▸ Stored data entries
....
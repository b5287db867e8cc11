// Block, list and tally by value: the step and fresh tables for whoever owns what they are lent.
#![tactic(auto)]

ghost use Rattle.std.specs.Prelude.{◌≡◌};
ghost use Rattle.owned.specs.Owner.{owned_step, owned_fresh};

use block::{Block, Verdict};
use object::{Object, SLOTS};
use steps::Step;
use tables::Tally;

// Block, list and tally by value, for whoever owns them.
#[derive(Clone, Copy)]
pub struct Owned {
    pub block: Block,
    pub objects: [Object; SLOTS],
    pub tally: Tally,
}

// A verdict, and what is owned after the step.
#[derive(Clone, Copy)]
pub struct OwnedTurn {
    pub verdict: Verdict,
    pub state: Owned,
}

// One step on what is owned, which is lent to the step where it lies.
pub fn step_owned(mut o: Owned, s: Step) -> OwnedTurn
    ensures { result ≡ owned_step o s }
{
    let verdict = lent_step::step(&mut o.block, &mut o.objects, &mut o.tally, s);
    OwnedTurn { verdict, state: o }
}

// Fresh tables for a number of warps, owned.
#[tactic(auto, unfolding(lent::specs::Entries::fresh_refusal))]
pub fn fresh_owned(warps: u8) -> OwnedTurn
    ensures { result ≡ owned_fresh warps }
{
    let judged = lent_fresh::fresh_refusal(SLOTS, warps);
    let turn = lent_fresh::fresh_turn(judged, warps);
    OwnedTurn {
        verdict: turn.verdict,
        state: Owned {
            block: turn.block,
            objects: [object::dead(); SLOTS],
            tally: lent_fresh::fresh_tally(),
        },
    }
}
....
▸ EXERCISE DIRECTIONS
Output the records again in full. Keep every character as written.

▸ RESULT OF THE EXERCISE
repository b5287db867e8cc11
// Block, list and tally by value: the step and fresh tables for whoever owns what they are lent.
#![tactic(auto)]

ghost use Rattle.std.specs.Prelude.{◌≡◌};
ghost use Rattle.owned.specs.Owner.{owned_step, owned_fresh};

use block::{Block, Verdict};
use object::{Object, SLOTS};
use steps::Step;
use tables::Tally;

// Block, list and tally by value, for whoever owns them.
#[derive(Clone, Copy)]
pub struct Owned {
    pub block: Block,
    pub objects: [Object; SLOTS],
    pub tally: Tally,
}

// A verdict, and what is owned after the step.
#[derive(Clone, Copy)]
pub struct OwnedTurn {
    pub verdict: Verdict,
    pub state: Owned,
}

// One step on what is owned, which is lent to the step where it lies.
pub fn step_owned(mut o: Owned, s: Step) -> OwnedTurn
    ensures { result ≡ owned_step o s }
{
    let verdict = lent_step::step(&mut o.block, &mut o.objects, &mut o.tally, s);
    OwnedTurn { verdict, state: o }
}

// Fresh tables for a number of warps, owned.
#[tactic(auto, unfolding(lent::specs::Entries::fresh_refusal))]
pub fn fresh_owned(warps: u8) -> OwnedTurn
    ensures { result ≡ owned_fresh warps }
{
    let judged = lent_fresh::fresh_refusal(SLOTS, warps);
    let turn = lent_fresh::fresh_turn(judged, warps);
    OwnedTurn {
        verdict: turn.verdict,
        state: Owned {
            block: turn.block,
            objects: [object::dead(); SLOTS],
            tally: lent_fresh::fresh_tally(),
        },
    }
}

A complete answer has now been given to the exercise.